(Data extracts begins)
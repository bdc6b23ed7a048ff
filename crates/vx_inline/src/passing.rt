// Whether what is live behind the calls of a caller stays as it is with a call inlined: the callee reads at its entry no value but
// its parameters, it may return, and the blocks behind the calls of the caller keep their numbers. So it stays without places of arrays
// that are no globals, if the callee makes none.

ghost use Rattle.std.specs.Prelude.{◌≡◌, ◌<◌, ℕ, true, IfOk, get_or, length};
ghost use Rattle.std.specs.List.{list_all};
ghost use Rattle.vx_flow.specs.Effects.{IsIn};
ghost use Rattle.vx_flow.specs.Live.{IsLive};
ghost use Rattle.vx_flow.specs.Sound.{targets_of};
ghost use Rattle.vx_inline.specs.Finding.{seen};
ghost use Rattle.vx_inline.specs.Inlined.{is_among};
ghost use Rattle.vx_inline.specs.Keeping.{KeepsKnown, LeadHere, Passes, Returns, calls_below, calls_stay, front_of, is_return, returns_below};
ghost use Rattle.vx_inline.specs.Values.{marked_all};

use crate::bare::is_bare;
use crate::found_call::FoundCall;
use crate::marks::{is_marked_at, mark, unmarked};
use crate::places::is_plain;
use std::alloc::Global;
use vx_base::outcome::NoMemory;
use vx_base::sizes::sum;
use vx_flow::graph::{Block, Exit, Graph, Value};
use vx_flow::live;

/// How often blocks are gone through for one that returns; paths that go back to lower blocks more often are not found.
const ROUNDS: u32 = 64;

/// Whether what is live behind the calls of the caller surely stays as it is, with the call inlined.
pub(crate) fn keeps_known(alloc: Global, found: &FoundCall) -> Result<bool, NoMemory>
    ensures { IfOk result (λ keeps. keeps ≡ true → KeepsKnown (seen found.now)) }
{
    let arrays = found.caller.arrays.as_slice();
    if !is_bare(arrays, found.callee.blocks.as_slice()) {
        return Ok(false);
    }
    if calls_stay(found.caller.blocks.as_slice())? {
        passes(alloc, found.callee)
    } else {
        Ok(false)
    }
}

/// Whether each call returns to a block before the first trap block.
fn calls_stay(blocks: &[Block]) -> Result<bool, NoMemory>
    ensures { IfOk result (λ stay. stay ≡ calls_stay blocks.now) }
{
    Ok(calls_below(front_of(blocks)?, blocks))
}

fn calls_below(front: u32, blocks: &[Block]) -> bool
    ensures { result ≡ calls_below front blocks.now }
{
    for block in blocks {
        if !returns_below(front, &block.exit) {
            return false;
        }
    }
    true
}

/// How many blocks come before the first trap block.
#[tactic(auto, using(crate::proofs::KnownStays::front_next, crate::proofs::KnownStays::front_stops))]
fn front_of(blocks: &[Block]) -> Result<u32, NoMemory>
    ensures { IfOk result (λ front. front ≡ front_of blocks.now) }
{
    let mut front = 0;
    for block in blocks {
        if !is_plain(block) {
            return Ok(front);
        }
        front = sum(front, 1)?;
    }
    Ok(front)
}

fn returns_below(front: u32, exit: &Exit) -> bool
    ensures { result ≡ returns_below front exit.now }
{
    match exit {
        Exit::Call { next, .. } => *next < front,
        Exit::Goto(_) | Exit::Split { .. } | Exit::Return(_) | Exit::Ends(_) => true,
    }
}

/// Whether a callee surely reads no value at its entry but its parameters, and may return.
fn passes(alloc: Global, callee: &Graph) -> Result<bool, NoMemory>
    ensures { IfOk result (λ passes. passes ≡ true → Passes callee.now) }
{
    if returns(alloc, callee)? {
        is_closed(alloc, callee)
    } else {
        Ok(false)
    }
}

/// Whether only parameters are live at the entry.
#[tactic(auto, using(crate::proofs::PassingSteps::closed_by))]
fn is_closed(alloc: Global, graph: &Graph) -> Result<bool, NoMemory>
    ensures { IfOk result (λ closed. closed ≡ true → (v : ℕ) → IsLive graph.now 0 v → IsIn v graph.now.parameters) }
{
    let live = live(alloc, graph)?;
    Ok(are_among(graph.parameters.as_slice(), live.values_at(0)))
}

fn are_among(values: &[Value], tested: &[Value]) -> bool
    ensures { result ≡ list_all (λ v. is_among values.now v) tested.now }
{
    for value in tested {
        if !is_among(values, *value) {
            return false;
        }
    }
    true
}

fn is_among(values: &[Value], value: Value) -> bool
    ensures { result ≡ is_among values.now value }
{
    for other in values {
        if *other == value {
            return true;
        }
    }
    false
}

/// Whether some path from the entry surely comes to a return: blocks to which paths from the entry lead are marked.
#[tactic(auto, using(crate::proofs::PassingSteps::lead_first))]
fn returns(alloc: Global, graph: &Graph) -> Result<bool, NoMemory>
    ensures { IfOk result (λ returns. returns ≡ true → Returns graph.now 0) }
{
    let mut marks = unmarked(alloc, graph.blocks.len())?;
    mark(&mut marks, 0);
    for _ in 0..ROUNDS {
        if finds_return(graph, &mut marks) {
            return Ok(true);
        }
    }
    Ok(false)
}

/// Marks on from the blocks that are marked, until one of them returns.
fn finds_return(graph: &Graph, marks: &mut Vec<bool>) -> bool
    requires { LeadHere graph.now marks.old.items }
    ensures found { result ≡ true → Returns graph.now 0 }
    ensures marks { LeadHere graph.now marks.new.items }
{
    for (index, block) in graph.blocks.as_slice().iter().enumerate() {
        if finds_at(graph, marks, index, block) {
            return true;
        }
    }
    false
}

/// Marks on from a block, if it is marked; whether it returns then.
#[tactic(auto, using(crate::proofs::PassingSteps::marked_on, crate::proofs::PassingSteps::returns_here))]
fn finds_at(graph: &Graph, marks: &mut Vec<bool>, index: usize, block: &Block) -> bool
    requires lead { LeadHere graph.now marks.old.items }
    requires low { index < length graph.now.blocks }
    requires block { block.now ≡ get_or graph.now.blocks index block.now }
    ensures found { result ≡ true → Returns graph.now 0 }
    ensures marks { LeadHere graph.now marks.new.items }
{
    if !is_marked_at(marks.as_slice(), index) {
        return false;
    }
    mark_targets(marks, &block.exit);
    is_return(&block.exit)
}

fn is_return(exit: &Exit) -> bool
    ensures { result ≡ is_return exit.now }
{
    match exit {
        Exit::Return(_) => true,
        Exit::Goto(_) | Exit::Split { .. } | Exit::Call { .. } | Exit::Ends(_) => false,
    }
}

/// Marks the blocks to which an exit leads.
fn mark_targets(marks: &mut Vec<bool>, exit: &Exit)
    ensures { marks.new.items ≡ marked_all (targets_of exit.now) marks.old.items }
{
    match exit {
        Exit::Goto(next) => mark(marks, *next),
        Exit::Split { yes, no, .. } => {
            mark(marks, *yes);
            mark(marks, *no);
        }
        Exit::Call { next, .. } => mark(marks, *next),
        Exit::Return(_) | Exit::Ends(_) => {}
    }
}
(Data extracts ends)
**What you should do**
Repeat each line above exactly as written.

**Task solution**
repository bdc6b23ed7a048ff
filename crates/vx_inline/src/passing.rt
// Whether what is live behind the calls of a caller stays as it is with a call inlined: the callee reads at its entry no value but
// its parameters, it may return, and the blocks behind the calls of the caller keep their numbers. So it stays without places of arrays
// that are no globals, if the callee makes none.

ghost use Rattle.std.specs.Prelude.{◌≡◌, ◌<◌, ℕ, true, IfOk, get_or, length};
ghost use Rattle.std.specs.List.{list_all};
ghost use Rattle.vx_flow.specs.Effects.{IsIn};
ghost use Rattle.vx_flow.specs.Live.{IsLive};
ghost use Rattle.vx_flow.specs.Sound.{targets_of};
ghost use Rattle.vx_inline.specs.Finding.{seen};
ghost use Rattle.vx_inline.specs.Inlined.{is_among};
ghost use Rattle.vx_inline.specs.Keeping.{KeepsKnown, LeadHere, Passes, Returns, calls_below, calls_stay, front_of, is_return, returns_below};
ghost use Rattle.vx_inline.specs.Values.{marked_all};

use crate::bare::is_bare;
use crate::found_call::FoundCall;
use crate::marks::{is_marked_at, mark, unmarked};
use crate::places::is_plain;
use std::alloc::Global;
use vx_base::outcome::NoMemory;
use vx_base::sizes::sum;
use vx_flow::graph::{Block, Exit, Graph, Value};
use vx_flow::live;

/// How often blocks are gone through for one that returns; paths that go back to lower blocks more often are not found.
const ROUNDS: u32 = 64;

/// Whether what is live behind the calls of the caller surely stays as it is, with the call inlined.
pub(crate) fn keeps_known(alloc: Global, found: &FoundCall) -> Result<bool, NoMemory>
    ensures { IfOk result (λ keeps. keeps ≡ true → KeepsKnown (seen found.now)) }
{
    let arrays = found.caller.arrays.as_slice();
    if !is_bare(arrays, found.callee.blocks.as_slice()) {
        return Ok(false);
    }
    if calls_stay(found.caller.blocks.as_slice())? {
        passes(alloc, found.callee)
    } else {
        Ok(false)
    }
}

/// Whether each call returns to a block before the first trap block.
fn calls_stay(blocks: &[Block]) -> Result<bool, NoMemory>
    ensures { IfOk result (λ stay. stay ≡ calls_stay blocks.now) }
{
    Ok(calls_below(front_of(blocks)?, blocks))
}

fn calls_below(front: u32, blocks: &[Block]) -> bool
    ensures { result ≡ calls_below front blocks.now }
{
    for block in blocks {
        if !returns_below(front, &block.exit) {
            return false;
        }
    }
    true
}

/// How many blocks come before the first trap block.
#[tactic(auto, using(crate::proofs::KnownStays::front_next, crate::proofs::KnownStays::front_stops))]
fn front_of(blocks: &[Block]) -> Result<u32, NoMemory>
    ensures { IfOk result (λ front. front ≡ front_of blocks.now) }
{
    let mut front = 0;
    for block in blocks {
        if !is_plain(block) {
            return Ok(front);
        }
        front = sum(front, 1)?;
    }
    Ok(front)
}

fn returns_below(front: u32, exit: &Exit) -> bool
    ensures { result ≡ returns_below front exit.now }
{
    match exit {
        Exit::Call { next, .. } => *next < front,
        Exit::Goto(_) | Exit::Split { .. } | Exit::Return(_) | Exit::Ends(_) => true,
    }
}

/// Whether a callee surely reads no value at its entry but its parameters, and may return.
fn passes(alloc: Global, callee: &Graph) -> Result<bool, NoMemory>
    ensures { IfOk result (λ passes. passes ≡ true → Passes callee.now) }
{
    if returns(alloc, callee)? {
        is_closed(alloc, callee)
    } else {
        Ok(false)
    }
}

/// Whether only parameters are live at the entry.
#[tactic(auto, using(crate::proofs::PassingSteps::closed_by))]
fn is_closed(alloc: Global, graph: &Graph) -> Result<bool, NoMemory>
    ensures { IfOk result (λ closed. closed ≡ true → (v : ℕ) → IsLive graph.now 0 v → IsIn v graph.now.parameters) }
{
    let live = live(alloc, graph)?;
    Ok(are_among(graph.parameters.as_slice(), live.values_at(0)))
}

fn are_among(values: &[Value], tested: &[Value]) -> bool
    ensures { result ≡ list_all (λ v. is_among values.now v) tested.now }
{
    for value in tested {
        if !is_among(values, *value) {
            return false;
        }
    }
    true
}

fn is_among(values: &[Value], value: Value) -> bool
    ensures { result ≡ is_among values.now value }
{
    for other in values {
        if *other == value {
            return true;
        }
    }
    false
}

/// Whether some path from the entry surely comes to a return: blocks to which paths from the entry lead are marked.
#[tactic(auto, using(crate::proofs::PassingSteps::lead_first))]
fn returns(alloc: Global, graph: &Graph) -> Result<bool, NoMemory>
    ensures { IfOk result (λ returns. returns ≡ true → Returns graph.now 0) }
{
    let mut marks = unmarked(alloc, graph.blocks.len())?;
    mark(&mut marks, 0);
    for _ in 0..ROUNDS {
        if finds_return(graph, &mut marks) {
            return Ok(true);
        }
    }
    Ok(false)
}

/// Marks on from the blocks that are marked, until one of them returns.
fn finds_return(graph: &Graph, marks: &mut Vec<bool>) -> bool
    requires { LeadHere graph.now marks.old.items }
    ensures found { result ≡ true → Returns graph.now 0 }
    ensures marks { LeadHere graph.now marks.new.items }
{
    for (index, block) in graph.blocks.as_slice().iter().enumerate() {
        if finds_at(graph, marks, index, block) {
            return true;
        }
    }
    false
}

/// Marks on from a block, if it is marked; whether it returns then.
#[tactic(auto, using(crate::proofs::PassingSteps::marked_on, crate::proofs::PassingSteps::returns_here))]
fn finds_at(graph: &Graph, marks: &mut Vec<bool>, index: usize, block: &Block) -> bool
    requires lead { LeadHere graph.now marks.old.items }
    requires low { index < length graph.now.blocks }
    requires block { block.now ≡ get_or graph.now.blocks index block.now }
    ensures found { result ≡ true → Returns graph.now 0 }
    ensures marks { LeadHere graph.now marks.new.items }
{
    if !is_marked_at(marks.as_slice(), index) {
        return false;
    }
    mark_targets(marks, &block.exit);
    is_return(&block.exit)
}

fn is_return(exit: &Exit) -> bool
    ensures { result ≡ is_return exit.now }
{
    match exit {
        Exit::Return(_) => true,
        Exit::Goto(_) | Exit::Split { .. } | Exit::Call { .. } | Exit::Ends(_) => false,
    }
}

/// Marks the blocks to which an exit leads.
fn mark_targets(marks: &mut Vec<bool>, exit: &Exit)
    ensures { marks.new.items ≡ marked_all (targets_of exit.now) marks.old.items }
{
    match exit {
        Exit::Goto(next) => mark(marks, *next),
        Exit::Split { yes, no, .. } => {
            mark(marks, *yes);
            mark(marks, *no);
        }
        Exit::Call { next, .. } => mark(marks, *next),
        Exit::Return(_) | Exit::Ends(_) => {}
    }
}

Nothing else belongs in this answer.